Lutter contre les effets du changement climatique

Dernier marché investi par Microsoft comme par AWS : celui de l'imagerie géospatiale. Analyse de la croissance des plantations agricoles, suivi des mouvements de bétail, détection voire anticipation des catastrophes naturelles, supervision du trafic routier, optimisation des chaînes d'approvisionnement… L'imagerie satellitaire ouvre des perspectives dans de nombreux domaines. Pour assoir son positionnement sur ce segment, Microsoft affiche des accords avec plusieurs acteurs clés du secteur, au premier rang desquels Esri ou le français Thales Alenia Space. Leurs bases de données viennent nourrir Azure Map. Pour compléter l'édifice, Microsoft intègre à son cloud des outils d'aide à l'analyse d'images géospatiales comme Blackshark.ai ou Orbital Insight.

"Digital Earth Africa fournit aux décideurs africains via AWS des indicateurs pour orienter leurs stratégies en termes de gestion de l'eau, d'industrie, de projets urbains..."

Sur l'imagerie, Amazon fait là encore la course en tête en matière de références client. "La start-up française Kayrros s'appuie par exemple sur AWS pour mesurer et modéliser les émissions de méthane sur plus 1 000 sites européens dans l'énergie en vue d'évaluer les conséquences sur le climat", évoque Clint Crosier. Autre jeune pousse hexagonale recourant à AWS dans l'imagerie géospatiale : Preligens. La société parisienne propose des solutions de vision par satellite à base d'IA pour sécuriser les infrastructures stratégiques : bases militaires, espaces aériens et maritimes, pipelines, centrales nucléaires, réseaux électriques....

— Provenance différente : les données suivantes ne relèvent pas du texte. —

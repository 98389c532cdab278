// Functions that only crates of this repository call: each has a condition, and its callers' proofs show that they meet it.
ghost use Rattle.std.specs.Prelude.{◌≡◌, ◌+◌, ◌*◌, ◌≤◌, ◌++◌, ◌∷◌, [], length, take};
ghost use Rattle.rows.specs.Rows.{overlay, fill};
ghost use Rattle.frame.specs.Frame.{air_bits};
ghost use Rattle.frame_b.specs.FrameB.{frame_b};
ghost use Rattle.sent_v.specs.Sent.{round_flags, round_length, cut_mask, grown_mask, round_bytes, mode_flags, head_flags, head_length, request_bytes};

use crate::{Head, Mode, Round};

// Three parts one behind the other and their CRC_B, at the front of a row. The answer is how many bits that are.
fn put_parts(a: &[u8], b: &[u8], d: &[u8], out: &mut [u8]) -> usize
    requires { 8 * (length a.now + length b.now + length d.now + 2) ≤ length out.old }
    ensures value { result ≡ length (frame_b (a.now ++ (b.now ++ d.now))) }
    ensures out_after { out.new ≡ overlay out.old 0 (frame_b (a.now ++ (b.now ++ d.now))) }
{
    frame_b::within::put_bits(out, 0, a);
    let k = a.len() + b.len();
    frame_b::within::put_bits(out, 8 * a.len(), b);
    frame_b::within::put_bits(out, 8 * k, d);
    let n = k + d.len();
    frame_v::within::put_crc(out, n);
    8 * (n + 2)
}

// ---- masks

// The low len bits of a mask, and zeros above them, as bits.
// Kept: the public calls take them one by one (docs/PROMISES.md), by value, and the definitions as well.
fn cut_bits(mask: [u8; 8], len: usize) -> [u8; 64]
    requires { len ≤ 64 }
    ensures { result ≡ fill 64 (take len (air_bits mask)) }
{
    let mut bits = [0u8; 64];
    frame_b::within::put_bits(&mut bits, 0, &mask);
    let mut row = [0u8; 64];
    rows::within::put(&mut row, 0, &bits[..len]);
    row
}

pub fn cut_mask(mask: [u8; 8], len: usize) -> [u8; 8]
    requires { len ≤ 64 }
    ensures { result ≡ cut_mask mask len }
{
    let bits = cut_bits(mask, len);
    let mut bytes = [0u8; 8];
    frame_b::within::bytes_of(&bits, 8, &mut bytes);
    bytes
}

// Four bits more.
pub fn grown_mask(mask: [u8; 8], len: usize, slot: u8) -> [u8; 8]
    requires { len ≤ 60 }
    ensures { result ≡ grown_mask mask len slot }
{
    let mut bits = cut_bits(mask, len);
    let s = parity::bits_of(slot);
    rows::within::put(&mut bits, len, &s[..4]);
    let mut bytes = [0u8; 8];
    frame_b::within::bytes_of(&bits, 8, &mut bytes);
    bytes
}

// ---- requests

// Kept: it is a bit of the frame that is sent or heard, or a field of the reader, as the definitions have it, and picks no step.
fn round_flags(one: bool, asks: bool) -> u8
    ensures { result ≡ round_flags one asks }
{
    match (one, asks) {
        (true, true) => 0x36,
        (true, false) => 0x26,
        (false, true) => 0x16,
        (false, false) => 0x06,
    }
}

// Kept: it is a bit of the frame that is sent or heard, or a field of the reader, as the definitions have it, and picks no step.
fn round_length(asks: bool) -> usize
    ensures value { result ≡ round_length asks }
    ensures upper_bound { result ≤ 3 }
{
    if asks { 3 } else { 2 }
}

// An inventory.
pub fn put_round(k: Round, out: &mut [u8]) -> usize
    requires { (112 ≤ length out.old) × (k.len ≤ 64) }
    ensures value { result ≡ length (frame_b (round_bytes k)) }
    ensures out_after { out.new ≡ overlay out.old 0 (frame_b (round_bytes k)) }
{
    let head = [round_flags(k.one, k.asks), 0x01, k.afi];
    let n = round_length(k.asks);
    let mask = cut_mask(k.mask, k.len as usize);
    let m = (k.len as usize + 7) / 8;
    put_parts(&head[..n], &[k.len], &mask[..m], out)
}

fn head_flags(m: Mode, option: bool) -> u8
    ensures { result ≡ head_flags m option }
{
    let f = mode_flags(m);
    if option { f + 0x40 } else { f }
}

// Kept: three bits of the flags byte, which definition mode_flags names; they are no conversion of a mode.
fn mode_flags(m: Mode) -> u8
    ensures value { result ≡ mode_flags m }
    ensures upper_bound { result ≤ 0x22 }
{
    match m {
        Mode::Addressed => 0x22,
        Mode::Any => 0x02,
        Mode::Chosen => 0x12,
    }
}

fn head_length(m: Mode) -> usize
    ensures value { result ≡ head_length m }
    ensures upper_bound { result ≤ 10 }
{
    match m {
        Mode::Addressed => 10,
        Mode::Any | Mode::Chosen => 2,
    }
}

// Flags, code and UID.
fn head_bytes(k: Head) -> [u8; 10]
    ensures { result ≡ head_flags k.mode k.option ∷ k.code ∷ k.uid }
{
    let mut bytes = [0u8; 10];
    bytes[0] = head_flags(k.mode, k.option);
    bytes[1] = k.code;
    rows::within::put(&mut bytes, 2, &k.uid);
    bytes
}

// Any other request.
pub fn put_request(k: Head, parameters: &[u8], bytes: &[u8], out: &mut [u8]) -> usize
    requires { 8 * (12 + length parameters.now + length bytes.now) ≤ length out.old }
    ensures value { result ≡ length (frame_b (request_bytes k parameters.now bytes.now)) }
    ensures out_after { out.new ≡ overlay out.old 0 (frame_b (request_bytes k parameters.now bytes.now)) }
{
    let head = head_bytes(k);
    let n = head_length(k.mode);
    put_parts(&head[..n], parameters, bytes, out)
}
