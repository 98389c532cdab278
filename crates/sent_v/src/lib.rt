// Document 02, T-10: the requests of the reader of vicinity cards, written as rows.
#![tactic(auto)]

pub mod within;

// Whom a request is for: the tag with a UID, every tag that is not quiet, or the selected one.
#[derive(Clone, Copy)]
pub enum Mode {
    Addressed,
    Any,
    Chosen,
}

// An inventory: with one slot or 16; with an AFI or without; the low len bits of the mask count.
#[derive(Clone, Copy)]
pub struct Round {
    pub one: bool,
    pub asks: bool,
    pub afi: u8,
    pub len: u8,
    pub mask: [u8; 8],
}

// Any other request: whom it is for, the Option flag, its code.
#[derive(Clone, Copy)]
pub struct Head {
    pub mode: Mode,
    pub uid: [u8; 8],
    pub option: bool,
    pub code: u8,
}
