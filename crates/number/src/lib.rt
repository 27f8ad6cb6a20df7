// A record's numbers: groups of seven bits, lowest group first, shortest form.
#![tactic(auto)]

ghost use Rattle.std.specs.Prelude.{◌≡◌, ◌+◌, ◌≤◌, ◌<◌, length};
ghost use Rattle.number.specs.Number.{read_number, encode, widest, splice};
ghost use Rattle.number.specs.Reader.{number_of, outcome, within, under};

// The most groups of a number.
pub const GROUPS: usize = 5;

// Why bytes can't be read. The numbers are those that answers give.
#[derive(Clone, Copy, Debug, PartialEq, Eq)]
pub enum Fault {
    // they end
    Ends = 1,
    // a number has too many groups, or a needless one
    Form = 2,
    // a number is out of its range
    Range = 3,
    // what was read may not stand where it does
    Turn = 4,
    // a byte of a name is not printable
    Unprintable = 23,
}

impl Fault {
    // The fault of what starts at a place.
    pub fn at(self, place: usize) -> Refusal
        ensures { result ≡ record { fault = self; place = place } }
    {
        Refusal { fault: self, place }
    }
}

impl From<Fault> for u32 {
    ghost from_gives = { λ fault n. n ≡ number_of fault };

    fn from(fault: Fault) -> u32 {
        fault as u32
    }
}

// A fault, and where what is faulty starts.
#[derive(Clone, Copy, Debug, PartialEq, Eq)]
pub struct Refusal {
    pub fault: Fault,
    pub place: usize,
}

// Reads a number from least to most; gives it, and where the next one starts.
pub fn read_within(bytes: &[u8], at: usize, least: u32, most: u32) -> Result<(u32, usize), Refusal>
    ensures { outcome result ≡ within least most bytes.now at }
{
    let (v, next) = read_number(bytes, at, most)?;
    if v < least {
        return Err(Fault::Range.at(at));
    }
    Ok((v, next))
}

// Reads a number below a bound, which may be 0: then there is none.
pub fn read_under(bytes: &[u8], at: usize, bound: u32) -> Result<(u32, usize), Refusal>
    ensures { outcome result ≡ under bound bytes.now at }
{
    let (v, next) = read_number(bytes, at, bound)?;
    if v < bound {
        return Ok((v, next));
    }
    Err(Fault::Range.at(at))
}

// Reads a number up to a limit.
pub fn read_number(bytes: &[u8], at: usize, limit: u32) -> Result<(u32, usize), Refusal>
    ensures { outcome result ≡ read_number bytes.now at limit }
{
    let mut place = at;
    let mut least: u64 = 0;
    let mut value: u64 = 0;
    let mut scale: u64 = 1;
    for _ in 0..GROUPS {
        if bytes.len() <= place {
            return Err(Fault::Ends.at(at));
        }
        let b = u64::from(bytes[place]);
        place += 1;
        if b < 128 {
            if b < least {
                return Err(Fault::Form.at(at));
            }
            let v = value + b * scale;
            if u64::from(limit) < v {
                return Err(Fault::Range.at(at));
            }
            return Ok((v as u32, place));
        }
        value += (b - 128) * scale;
        scale *= 128;
        least = 1;
    }
    Err(Fault::Form.at(at))
}

// How many bytes v takes.
pub fn size(v: u32) -> usize
    ensures { (result ≡ length (encode v)) × (result ≤ widest) }
{
    let mut rest = v;
    let mut size: usize = 1;
    while 128 <= rest {
        rest /= 128;
        size += 1;
    }
    size
}

// Writes v from at on; gives where the next number starts.
pub fn write_number(out: &mut [u8], at: usize, v: u32) -> usize
    requires { at + length (encode v) ≤ length out.old }
    ensures { (result ≡ at + length (encode v)) × (out.new ≡ splice out.old at (encode v)) }
{
    let mut place = at;
    let mut rest = v;
    while 128 <= rest {
        out[place] = (128 + rest % 128) as u8;
        rest /= 128;
        place += 1;
    }
    out[place] = rest as u8;
    place + 1
}
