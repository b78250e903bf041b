// The words of the command line: commands, options and the number of a budget.
ghost use Rattle.std.specs.Prelude.{◌≡◌};
ghost use Rattle.numbers.specs.Answers.{option_of};
ghost use Rattle.desk.specs.Words.{command_of, choice_of, count_of};

use numbers::line::read_digits;

#[derive(Clone, Copy, PartialEq, Eq)]
pub enum Command {
    Run,
    Walk,
    Compile,
    Check,
    Both,
    Numbers,
    Help,
    Unknown,
}

// What the first word asks for.
#[tactic(auto, unfolding(crate::specs::Words::command_of, crate::specs::Words::spelled, numbers::specs::Bytes::bytes))]
pub fn command_of(word: &[u8]) -> Command
    ensures { result ≡ command_of word.now }
{
    if word == b"run".as_slice() {
        Command::Run
    } else if word == b"walk".as_slice() {
        Command::Walk
    } else if word == b"compile".as_slice() {
        Command::Compile
    } else if word == b"check".as_slice() {
        Command::Check
    } else if word == b"both".as_slice() {
        Command::Both
    } else if word == b"numbers".as_slice() {
        Command::Numbers
    } else if word == b"--help".as_slice() {
        Command::Help
    } else {
        Command::Unknown
    }
}

#[derive(Clone, Copy, PartialEq, Eq)]
pub enum Choice {
    Help,
    Steps,
    Budget,
    Sheet,
    Unknown,
}

// What a later word is: an option, or the name of a sheet.
#[tactic(auto, unfolding(crate::specs::Words::choice_of, crate::specs::Words::named, crate::specs::Words::spelled, numbers::specs::Bytes::bytes))]
pub fn choice_of(word: &[u8]) -> Choice
    ensures { result ≡ choice_of word.now }
{
    if word == b"--help".as_slice() {
        Choice::Help
    } else if word == b"--steps".as_slice() {
        Choice::Steps
    } else if word == b"--budget".as_slice() {
        Choice::Budget
    } else if word.starts_with(b"--") {
        Choice::Unknown
    } else {
        Choice::Sheet
    }
}

// The greatest number.
const MOST: u64 = u32::MAX as u64;

// The number that a word means: digits alone, up to 4,294,967,295.
pub fn count_of(word: &[u8]) -> Option<u32>
    ensures { option_of result ≡ count_of word.now }
{
    let n = read_digits(word, MOST)?;
    Some(n as u32)
}

// What the words behind the command ask for.
#[derive(Clone, Copy)]
pub struct Asked {
    pub help: bool,
    pub steps: bool,
    pub budget: u32,
    // the place of the sheet's name among the words
    pub sheet: Option<usize>,
    // the next word is the budget's number
    pub wants: bool,
}

// Why a word cannot be taken.
#[derive(Clone, Copy, PartialEq, Eq)]
pub enum Misused {
    // the budget's number is no number
    NoNumber,
    // it cannot stand here
    Unknown,
}

// Steps without --budget: a sheet that goes round for ever ends within a second.
pub const BUDGET: u32 = 10_000_000;

impl Asked {
    pub fn new() -> Self {
        Asked {
            help: false,
            steps: false,
            budget: BUDGET,
            sheet: None,
            wants: false,
        }
    }

    // Takes the word at a place.
    pub fn take(&mut self, at: usize, word: &[u8]) -> Result<(), Misused> {
        if self.wants {
            self.budget = count_of(word).ok_or(Misused::NoNumber)?;
            self.wants = false;
            return Ok(());
        }
        match choice_of(word) {
            Choice::Help => self.help = true,
            Choice::Steps => self.steps = true,
            Choice::Budget => self.wants = true,
            Choice::Sheet if self.sheet.is_none() => self.sheet = Some(at),
            Choice::Sheet | Choice::Unknown => return Err(Misused::Unknown),
        }
        Ok(())
    }
}
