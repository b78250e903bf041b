// A code list as text, a line to an instruction: index, kind, level and operand, laid out as the Rust's show_pcode_list
// does.
ghost use Rattle.std.specs.Prelude.{◌≡◌};
ghost use Rattle.numbers.specs.Bytes.{bytes};
ghost use Rattle.pcode.specs.Coded.{op_of};
ghost use Rattle.desk.specs.Page.{Put, SameRoom};
ghost use Rattle.desk.specs.Listing.{letters, line_text};

use crate::page::Page;
use pcode::{Code, Kind};

// The three letters of a kind.
#[tactic(auto, unfolding(crate::specs::Listing::letters, numbers::specs::Bytes::bytes))]
fn letters(kind: Kind) -> &'static [u8]
    ensures { result.now ≡ bytes (letters (op_of kind)) }
{
    match kind {
        Kind::Nil => b"NIL",
        Kind::Lit => b"LIT",
        Kind::Opr => b"OPR",
        Kind::Lod => b"LOD",
        Kind::Sto => b"STO",
        Kind::Sta => b"STA",
        Kind::Cal => b"CAL",
        Kind::Int => b"INT",
        Kind::Jmp => b"JMP",
        Kind::Jpc => b"JPC",
        Kind::Red => b"RED",
        Kind::Wrt => b"WRT",
    }
}

impl Page<'_> {
    // Puts the line of an instruction, whose kind is lent by its number.
    pub fn put_line(&mut self, index: u64, kind: i8, level: u16, operand: i64)
        ensures { Put (line_text index kind level operand) self.old self.new }
    {
        self.put_right(index);
        self.put(b"| ");
        self.put(letters(Kind::from(kind)));
        self.put(b" ");
        self.put_right(u64::from(level));
        self.put(b"   ");
        self.put_number(operand);
        self.put(b"\n");
    }

    // Puts the lines of a code list, as long as the shortest of its three parts.
    pub fn put_listing(&mut self, code: Code<'_>)
        ensures { SameRoom self.old self.new }
    {
        for i in 0..code.len() {
            self.put_line(i as u64, code.kinds[i], code.levels[i], code.operands[i]);
        }
    }
}
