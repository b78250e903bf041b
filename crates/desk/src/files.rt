// Reading a file whole. What is read no contract can say; it lies within the room.
ghost use Rattle.std.specs.Prelude.{◌-◌, ◌≤◌, length, IfOk, IfErr};

use std::fs;
use std::io::{Error, ErrorKind, Read, Result};
use std::rt::Files;

// A file that was not read whole: what was read of it, and why no more was.
#[derive(Clone, Copy)]
pub struct Cut<'a> {
    pub text: &'a [u8],
    pub reason: Error,
}

// Reads once, behind the first `used` bytes of the room, and tells how many bytes were read.
pub fn read_more<R: Read>(from: &mut R, room: &mut [u8], used: usize) -> Result<usize>
    ensures { IfOk result (λ n. n ≤ length room.old - used) }
{
    if room.len() <= used {
        return Ok(0);
    }
    from.read(&mut room[used..])
}

// Reads to the end of the file, or until the room is full; tells how many bytes were read, and how the reading ended.
fn read_to_end<R: Read>(from: &mut R, room: &mut [u8]) -> (usize, Result<()>)
    ensures { result.0 ≤ length room.old }
{
    let mut used = 0;
    while used < room.len() {
        match read_more(from, room, used) {
            Ok(0) => break,
            Ok(more) => used += more,
            Err(reason) => return (used, Err(reason)),
        }
    }
    (used, Ok(()))
}

// Reads the file of that name, which must be UTF-8 text.
pub fn read_file<'a, R: Files>(
    rt: &R,
    path: &[u8],
    room: &'a mut [u8],
) -> std::result::Result<&'a [u8], Cut<'a>>
    ensures read { IfOk result (λ text. length text.now ≤ length room.old) }
    ensures cut { IfErr result (λ cut. length cut.text.now ≤ length room.old) }
{
    let Ok(path) = str::from_utf8(path) else {
        let reason = Error::new(ErrorKind::InvalidInput, "a name that is not UTF-8 text");
        return Err(Cut { text: &[], reason });
    };
    let mut file = match fs::open(rt, path) {
        Ok(file) => file,
        Err(reason) => return Err(Cut { text: &[], reason }),
    };
    let (n, end) = read_to_end(&mut file, room);
    let text = &room[..n];
    match end {
        Ok(()) => Ok(text),
        Err(reason) => Err(Cut { text, reason }),
    }
}
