// The table of numbers, the message of a refusal, and the status that the program ends with.
ghost use Rattle.std.specs.Prelude.{◌≡◌, length};
ghost use Rattle.desk.specs.Page.{Put, SameRoom};
ghost use Rattle.desk.specs.Table.{meaning_of, row, refusal, status_of};

use crate::page::Page;
use numbers::refusal::Refusal;

// The greatest number.
const LAST: u8 = Refusal::ProcedureInTree as u8;

// The first and the last number of a refused run.
const BUDGET_SPENT: u8 = Refusal::BudgetSpent as u8;

const OUTPUT_FULL: u8 = Refusal::OutputFull as u8;

// What a number means; nothing where it means nothing.
#[tactic(auto, unfolding(crate::specs::Table::meaning_of, crate::specs::Table::line_at, crate::specs::Table::line_span, crate::specs::Table::after_line, crate::specs::Table::lines, crate::specs::Table::meanings, numbers::specs::Bytes::bytes))]
pub fn meaning_of(number: u8) -> &'static [u8]
    ensures { result.now ≡ meaning_of number }
{
    match number {
        0 => b"done",
        1 => b"the source is over 32,768 bytes",
        2 => b"a byte of 128 or more stands in the source",
        3 => b"a bad token",
        4 => b"a literal above 9223372036854775807",
        5 => b"a required token is not there, or the text ends",
        6 => b"the main body failed quietly",
        7 => b"a 65th construct opens at once",
        8 => b"an 8,193rd token",
        9 => b"a name is already in this scope",
        10 => b"a name is not found",
        11 => b"a name is of the wrong kind",
        12 => b"the wrong number of arguments",
        13 => b"a variable or procedure that is found has a level above the current one",
        14 => b"a 513th symbol row",
        15 => b"a 4,097th instruction",
        16 => b"the budget was spent before the program halted",
        17 => b"a cell outside 0..4095, or a top outside 0..4096",
        18 => b"a jump, call or return to outside the code, or a fetch past its end",
        19 => b"a result outside i64, also of negating or dividing the least value by -1",
        20 => b"a division by zero",
        21 => b"NIL, or an OPR number outside 0..16",
        22 => b"the next entry is bad or missing",
        23 => b"the output of this step does not fit",
        24 => b"the lent room is too small",
        25 => b"the sheet has a procedure, and only run takes those",
        _ => b"",
    }
}

impl Page<'_> {
    // Puts what a number means.
    pub fn put_meaning(&mut self, number: u8)
        ensures { Put (meaning_of number) self.old self.new }
    {
        self.put(meaning_of(number));
    }

    // Puts a line of the table: a number and what it means.
    fn put_row(&mut self, number: u8)
        ensures { Put (row number) self.old self.new }
    {
        self.put_count(u64::from(number));
        self.put(b"  ");
        self.put_meaning(number);
        self.put(b"\n");
    }

    // Puts the table of all numbers.
    pub fn put_table(&mut self)
        ensures { SameRoom self.old self.new }
    {
        for number in 0..=LAST {
            self.put_row(number);
        }
    }

    // Puts the message of a refusal: the sheet's name first, the number, and what it means.
    pub fn put_refusal(&mut self, name: &[u8], number: u8)
        ensures { Put (refusal name.now number) self.old self.new }
    {
        self.put(name);
        self.put(b": refused with ");
        self.put_count(u64::from(number));
        self.put(b": ");
        self.put_meaning(number);
        self.put(b"\n");
    }
}

// The status for a number: 0 done, 2 a refused run, 1 a refused sheet.
#[tactic(auto, unfolding(crate::specs::Table::status_of))]
pub fn status_of(number: u8) -> u8
    ensures { result ≡ status_of number }
{
    match number {
        0 => 0,
        BUDGET_SPENT..=OUTPUT_FULL => 2,
        _ => 1,
    }
}
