// What the programs say and how they take their words: text on a page, the table of numbers, the listing of a code list,
// the words of the command line, the lines of the entries; and reading a file whole.
#![tactic(auto)]

pub mod entries;
pub mod files;
pub mod listing;
pub mod page;
pub mod table;
pub mod words;
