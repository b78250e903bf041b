// The entries so far: which lines of them are whole, how many there are, and whether a run wants one more.
ghost use Rattle.std.specs.Prelude.{◌≡◌, ◌≤◌, length};
ghost use Rattle.desk.specs.Entries.{line_ends, whole_in, wants_one};

use numbers::refusal::Refusal;

// The bytes up to the end of the last line that has its end.
pub fn whole_lines(s: &[u8]) -> usize
    ensures { (result ≤ length s.now) × (result ≡ whole_in s.now) }
{
    match s.iter().rposition(|b| *b == b'\n') {
        Some(last) => last + 1,
        None => 0,
    }
}

// How many lines have their end.
pub fn line_ends(s: &[u8]) -> usize
    ensures { result ≡ line_ends s.now }
{
    s.iter().filter(|b| **b == b'\n').count()
}

// Whether a run that took so many of these whole lines, and ended with this number, ended for want of one more.
pub fn wants_line(number: u8, taken: usize, entries: &[u8]) -> bool
    ensures { result ≡ wants_one number taken entries.now }
{
    number == Refusal::BadEntry.number() && line_ends(entries) <= taken
}
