// A page: a lent slice whose first bytes are text. What is put on it goes behind them, as far as there is room, so that a
// message of several parts is written out in one go.
ghost use Rattle.std.specs.Prelude.{◌≡◌, ◌+◌, ◌≤◌, length, take, [], ◌∷◌};

use numbers::screen::{decimal_length, fill_decimal};

// Bytes that a column is wide.
const COLUMN: usize = 4;

// The text is the room's first `len` bytes.
#[derive(Drop)]
pub struct Page<'a> {
    room: &'a mut [u8],
    len: usize,
    ghost within: { len ≤ length room.now },
}

impl<'a> Page<'a> {
    ghost use Rattle.desk.specs.Page.{Put, written, count, number, right};

    // A page with no text yet.
    pub fn new(room: &'a mut [u8]) -> Page<'a>
        ensures same_reference { result.room.ghost_name ≡ room.entry.ghost_name }
        ensures kept { length result.room.now ≡ length room.old }
        ensures text { written result ≡ [] }
    {
        Page::behind(room, 0)
    }

    // A page whose text is the room's first `at` bytes, or all of the room where it has fewer.
    pub fn behind(room: &'a mut [u8], at: usize) -> Page<'a>
        ensures same_reference { result.room.ghost_name ≡ room.entry.ghost_name }
        ensures kept { length result.room.now ≡ length room.old }
        ensures text { written result ≡ take at room.old }
    {
        let len = at.min(room.len());
        Page { room, len }
    }

    // How many bytes more there is room for.
    pub fn left(&self) -> usize
        ensures { result + self.now.len ≡ length self.now.room.now }
    {
        self.room.len() - self.len
    }

    // The text so far.
    pub fn text(&self) -> &[u8]
        ensures { result.now ≡ written self.now }
    {
        &self.room[..self.len]
    }

    // Puts a text.
    pub fn put(&mut self, text: &[u8])
        ensures { Put text.now self.old self.new }
    {
        let n = text.len().min(self.room.len() - self.len);
        let end = self.len + n;
        self.room[self.len..end].copy_from_slice(&text[..n]);
        self.len = end;
    }

    // Puts a byte.
    pub fn put_byte(&mut self, b: u8)
        ensures { Put (b ∷ []) self.old self.new }
    {
        if self.len < self.room.len() {
            self.room[self.len] = b;
            self.len += 1;
        }
    }

    // Puts a count in decimal.
    pub fn put_count(&mut self, n: u64)
        ensures { Put (count n) self.old self.new }
    {
        let mut figures = [0; 20];
        let k = io::decimal(n, &mut figures);
        self.put(&figures[..k]);
    }

    // Puts a number in decimal, a minus in front where it is negative.
    pub fn put_number(&mut self, x: i64)
        ensures { Put (number x) self.old self.new }
    {
        let size = decimal_length(x);
        if self.left() < size {
            self.put_cut(x);
            return;
        }
        let start = self.len;
        let end = start + size;
        fill_decimal(&mut self.room[start..end], x);
        self.len = end;
    }

    // Puts as much of a number as there is room for.
    fn put_cut(&mut self, x: i64)
        ensures { Put (number x) self.old self.new }
    {
        if x < 0 {
            self.put(b"-");
        }
        self.put_count(x.unsigned_abs());
    }

    // Puts a count in decimal, with blanks in front up to four bytes.
    pub fn put_right(&mut self, n: u64)
        ensures { Put (right n) self.old self.new }
    {
        let mut figures = [0; 20];
        let k = io::decimal(n, &mut figures);
        if k < COLUMN {
            self.put(&[b' '; COLUMN][k..]);
        }
        self.put(&figures[..k]);
    }
}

Traquer les départs de feu

A ces clients s'ajoutent des fournisseurs d'images satellite reposant sur AWS comme BlackSky ou Maxar. "Digital Earth Africa par exemple se spécialise dans les données géospatiales du continent africain. Son objectif est de fournir aux décideurs locaux des indicateurs pour décider des stratégies d'investissement en termes de gestion de l'eau, d'infrastructures industrielles, de projets urbains... Toutes ces informations sont traitées sur AWS", ajoute Clint Crosier.

Last but not least, la start-up australienne Exci.ai s'appuie sur AWS pour détecter les départs de feu par satellite. En amont, elle récupère ses flux d'images par le biais des stations radar terrestre d'Amazon, puis ses algorithmes de deep learning, hébergés sur le cloud de l'Américain, entrent en action. " Même les petits incendies sont détectés automatiquement en quelques minutes avec un taux quasi nul de faux positifs", peut-on lire sur le site de la société. Une piste de solution qui pourrait peut-être éviter de revivre les incendies record vécus en France cet été.